### Problem
Every record that follows should appear again in your answer, exactly the same.

### Records shown

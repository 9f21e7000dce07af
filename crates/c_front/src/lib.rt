//! The front end (C11 5.1.1.2): from the bytes of one or two files to the typed program, or to the first refusal. Each
//! layer goes over the main file and then over the binary file before the next layer begins.
#![tactic(auto)]

mod front;
mod layer;

pub use front::check_files;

### Task response
repository 9f21e7000dce07af
filename crates/c_front/src/lib.rt
//! The front end (C11 5.1.1.2): from the bytes of one or two files to the typed program, or to the first refusal. Each
//! layer goes over the main file and then over the binary file before the next layer begins.
#![tactic(auto)]

mod front;
mod layer;

pub use front::check_files;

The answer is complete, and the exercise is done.